[EXERCISE MATERIALS — start]

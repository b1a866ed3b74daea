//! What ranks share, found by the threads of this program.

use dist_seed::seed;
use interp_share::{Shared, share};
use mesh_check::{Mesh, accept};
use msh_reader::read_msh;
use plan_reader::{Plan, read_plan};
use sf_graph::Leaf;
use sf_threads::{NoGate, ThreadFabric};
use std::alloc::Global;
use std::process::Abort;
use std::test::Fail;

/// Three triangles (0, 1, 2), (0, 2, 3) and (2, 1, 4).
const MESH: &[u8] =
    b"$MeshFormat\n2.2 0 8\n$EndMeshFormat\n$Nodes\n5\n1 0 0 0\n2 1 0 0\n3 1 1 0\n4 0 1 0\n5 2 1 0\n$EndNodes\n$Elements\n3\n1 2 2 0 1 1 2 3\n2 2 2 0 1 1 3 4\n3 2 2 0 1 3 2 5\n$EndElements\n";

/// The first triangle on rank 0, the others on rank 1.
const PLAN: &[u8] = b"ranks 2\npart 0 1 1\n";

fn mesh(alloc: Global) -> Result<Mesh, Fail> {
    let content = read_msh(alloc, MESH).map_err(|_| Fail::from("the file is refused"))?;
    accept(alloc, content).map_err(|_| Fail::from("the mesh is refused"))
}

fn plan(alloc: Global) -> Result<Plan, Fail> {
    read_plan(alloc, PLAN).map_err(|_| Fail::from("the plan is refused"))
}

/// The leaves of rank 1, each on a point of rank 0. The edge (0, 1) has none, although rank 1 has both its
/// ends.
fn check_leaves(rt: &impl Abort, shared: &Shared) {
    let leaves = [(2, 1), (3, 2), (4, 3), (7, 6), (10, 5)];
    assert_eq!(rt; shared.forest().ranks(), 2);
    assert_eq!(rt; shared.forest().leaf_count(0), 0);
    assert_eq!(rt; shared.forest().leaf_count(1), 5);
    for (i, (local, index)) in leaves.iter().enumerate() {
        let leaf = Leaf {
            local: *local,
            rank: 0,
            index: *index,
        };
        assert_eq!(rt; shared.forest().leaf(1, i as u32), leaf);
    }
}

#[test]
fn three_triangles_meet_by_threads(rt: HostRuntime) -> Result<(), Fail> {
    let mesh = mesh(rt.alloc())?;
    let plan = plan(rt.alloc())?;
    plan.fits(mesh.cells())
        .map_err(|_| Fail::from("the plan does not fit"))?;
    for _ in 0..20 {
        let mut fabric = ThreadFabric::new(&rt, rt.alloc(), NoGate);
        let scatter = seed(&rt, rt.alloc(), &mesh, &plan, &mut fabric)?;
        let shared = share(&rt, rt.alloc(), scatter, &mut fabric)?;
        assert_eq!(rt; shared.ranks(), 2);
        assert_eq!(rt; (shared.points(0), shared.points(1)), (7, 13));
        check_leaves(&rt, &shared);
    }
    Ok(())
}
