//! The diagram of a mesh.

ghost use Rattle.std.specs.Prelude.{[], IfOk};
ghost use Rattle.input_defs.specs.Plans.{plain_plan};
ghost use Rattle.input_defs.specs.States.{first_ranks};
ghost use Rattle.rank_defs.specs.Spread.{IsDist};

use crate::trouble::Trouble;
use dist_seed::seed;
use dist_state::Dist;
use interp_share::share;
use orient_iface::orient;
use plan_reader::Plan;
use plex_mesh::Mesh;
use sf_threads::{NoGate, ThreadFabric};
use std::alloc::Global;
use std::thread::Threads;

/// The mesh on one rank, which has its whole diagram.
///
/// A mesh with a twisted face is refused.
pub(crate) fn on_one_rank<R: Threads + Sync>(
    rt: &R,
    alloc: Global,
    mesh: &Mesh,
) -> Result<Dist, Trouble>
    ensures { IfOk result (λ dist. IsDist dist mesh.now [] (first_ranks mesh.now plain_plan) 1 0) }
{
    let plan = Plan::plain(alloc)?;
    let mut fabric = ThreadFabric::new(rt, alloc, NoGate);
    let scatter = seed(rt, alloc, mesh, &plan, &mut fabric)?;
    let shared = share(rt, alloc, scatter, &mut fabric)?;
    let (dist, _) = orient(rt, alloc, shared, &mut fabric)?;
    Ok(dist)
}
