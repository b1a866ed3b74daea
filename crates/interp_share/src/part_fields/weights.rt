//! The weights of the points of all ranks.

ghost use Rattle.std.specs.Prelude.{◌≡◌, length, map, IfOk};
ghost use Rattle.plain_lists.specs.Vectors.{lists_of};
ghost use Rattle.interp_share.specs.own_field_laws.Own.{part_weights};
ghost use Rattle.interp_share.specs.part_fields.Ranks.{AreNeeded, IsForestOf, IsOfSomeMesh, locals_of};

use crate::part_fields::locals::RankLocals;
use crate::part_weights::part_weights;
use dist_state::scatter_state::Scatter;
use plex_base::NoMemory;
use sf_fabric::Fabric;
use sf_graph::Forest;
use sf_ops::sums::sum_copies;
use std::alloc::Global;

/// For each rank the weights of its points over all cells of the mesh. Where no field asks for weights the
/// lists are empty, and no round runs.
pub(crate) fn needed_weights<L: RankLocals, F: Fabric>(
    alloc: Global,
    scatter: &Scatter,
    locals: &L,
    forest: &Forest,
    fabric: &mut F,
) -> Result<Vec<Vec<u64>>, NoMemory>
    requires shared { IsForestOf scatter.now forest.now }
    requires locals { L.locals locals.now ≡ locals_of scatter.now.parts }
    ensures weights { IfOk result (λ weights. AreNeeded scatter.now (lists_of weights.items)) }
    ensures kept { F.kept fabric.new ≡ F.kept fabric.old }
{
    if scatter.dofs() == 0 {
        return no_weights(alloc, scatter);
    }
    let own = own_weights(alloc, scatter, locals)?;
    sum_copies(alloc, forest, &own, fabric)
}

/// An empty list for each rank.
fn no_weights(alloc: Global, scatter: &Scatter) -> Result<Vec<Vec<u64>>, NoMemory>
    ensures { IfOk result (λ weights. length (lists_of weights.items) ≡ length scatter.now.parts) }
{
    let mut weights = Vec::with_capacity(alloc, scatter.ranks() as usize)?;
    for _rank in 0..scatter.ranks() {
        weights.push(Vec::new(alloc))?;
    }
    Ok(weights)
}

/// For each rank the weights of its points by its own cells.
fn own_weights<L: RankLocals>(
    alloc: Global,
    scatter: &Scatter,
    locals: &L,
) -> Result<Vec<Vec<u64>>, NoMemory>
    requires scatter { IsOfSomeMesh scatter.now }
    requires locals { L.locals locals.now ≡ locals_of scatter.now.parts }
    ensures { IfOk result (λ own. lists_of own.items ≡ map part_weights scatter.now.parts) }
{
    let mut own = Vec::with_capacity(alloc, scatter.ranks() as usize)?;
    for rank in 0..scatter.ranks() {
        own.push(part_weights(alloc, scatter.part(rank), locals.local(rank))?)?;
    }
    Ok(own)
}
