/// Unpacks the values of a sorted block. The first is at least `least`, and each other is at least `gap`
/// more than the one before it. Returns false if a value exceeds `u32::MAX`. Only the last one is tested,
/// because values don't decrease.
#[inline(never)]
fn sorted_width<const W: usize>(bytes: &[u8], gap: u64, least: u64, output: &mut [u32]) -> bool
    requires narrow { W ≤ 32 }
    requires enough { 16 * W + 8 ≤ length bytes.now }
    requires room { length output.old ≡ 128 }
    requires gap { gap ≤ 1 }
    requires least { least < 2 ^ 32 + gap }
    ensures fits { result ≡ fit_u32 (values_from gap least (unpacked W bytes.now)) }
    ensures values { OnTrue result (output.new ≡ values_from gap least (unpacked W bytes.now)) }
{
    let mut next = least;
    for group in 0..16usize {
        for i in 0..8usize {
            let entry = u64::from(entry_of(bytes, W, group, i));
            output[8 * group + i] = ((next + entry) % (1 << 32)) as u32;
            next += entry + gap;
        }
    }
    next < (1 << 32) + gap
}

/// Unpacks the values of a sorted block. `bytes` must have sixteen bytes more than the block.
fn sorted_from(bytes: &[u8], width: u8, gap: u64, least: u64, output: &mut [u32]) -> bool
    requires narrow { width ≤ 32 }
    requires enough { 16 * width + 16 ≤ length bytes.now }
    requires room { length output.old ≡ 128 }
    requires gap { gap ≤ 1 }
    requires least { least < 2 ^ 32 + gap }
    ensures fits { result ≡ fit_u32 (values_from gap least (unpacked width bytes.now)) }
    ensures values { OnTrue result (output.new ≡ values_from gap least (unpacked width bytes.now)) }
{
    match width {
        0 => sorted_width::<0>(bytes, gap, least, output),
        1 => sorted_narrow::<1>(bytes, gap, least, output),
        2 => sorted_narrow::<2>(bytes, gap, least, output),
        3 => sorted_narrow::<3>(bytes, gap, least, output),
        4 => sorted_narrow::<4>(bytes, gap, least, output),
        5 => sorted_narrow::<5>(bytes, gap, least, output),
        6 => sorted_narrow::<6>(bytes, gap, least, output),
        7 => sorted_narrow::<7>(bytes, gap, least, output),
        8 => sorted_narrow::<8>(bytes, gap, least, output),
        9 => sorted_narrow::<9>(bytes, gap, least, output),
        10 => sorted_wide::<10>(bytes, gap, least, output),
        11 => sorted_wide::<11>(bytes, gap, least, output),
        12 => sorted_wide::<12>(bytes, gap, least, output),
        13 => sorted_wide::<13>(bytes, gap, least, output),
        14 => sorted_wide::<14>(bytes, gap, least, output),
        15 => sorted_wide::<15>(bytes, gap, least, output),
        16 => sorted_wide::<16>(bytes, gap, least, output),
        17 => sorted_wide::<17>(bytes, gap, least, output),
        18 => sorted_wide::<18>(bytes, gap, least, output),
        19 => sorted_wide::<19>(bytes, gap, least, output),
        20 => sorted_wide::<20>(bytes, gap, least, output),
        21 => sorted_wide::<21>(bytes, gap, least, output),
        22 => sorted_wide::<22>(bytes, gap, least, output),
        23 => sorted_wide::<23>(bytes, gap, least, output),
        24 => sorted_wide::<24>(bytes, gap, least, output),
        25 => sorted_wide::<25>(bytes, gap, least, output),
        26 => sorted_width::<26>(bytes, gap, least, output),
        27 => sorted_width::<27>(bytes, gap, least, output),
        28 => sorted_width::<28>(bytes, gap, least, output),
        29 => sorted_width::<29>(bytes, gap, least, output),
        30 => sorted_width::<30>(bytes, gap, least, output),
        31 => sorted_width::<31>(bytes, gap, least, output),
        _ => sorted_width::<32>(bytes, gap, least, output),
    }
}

[EXERCISE MATERIALS — finish]

→ **ACTION ITEM**: Report every line of the data in which "diagram" appears.

→ **SOLUTION FOR THIS TASK**:
//! The diagram of a mesh.
/// The mesh on one rank, which has its whole diagram.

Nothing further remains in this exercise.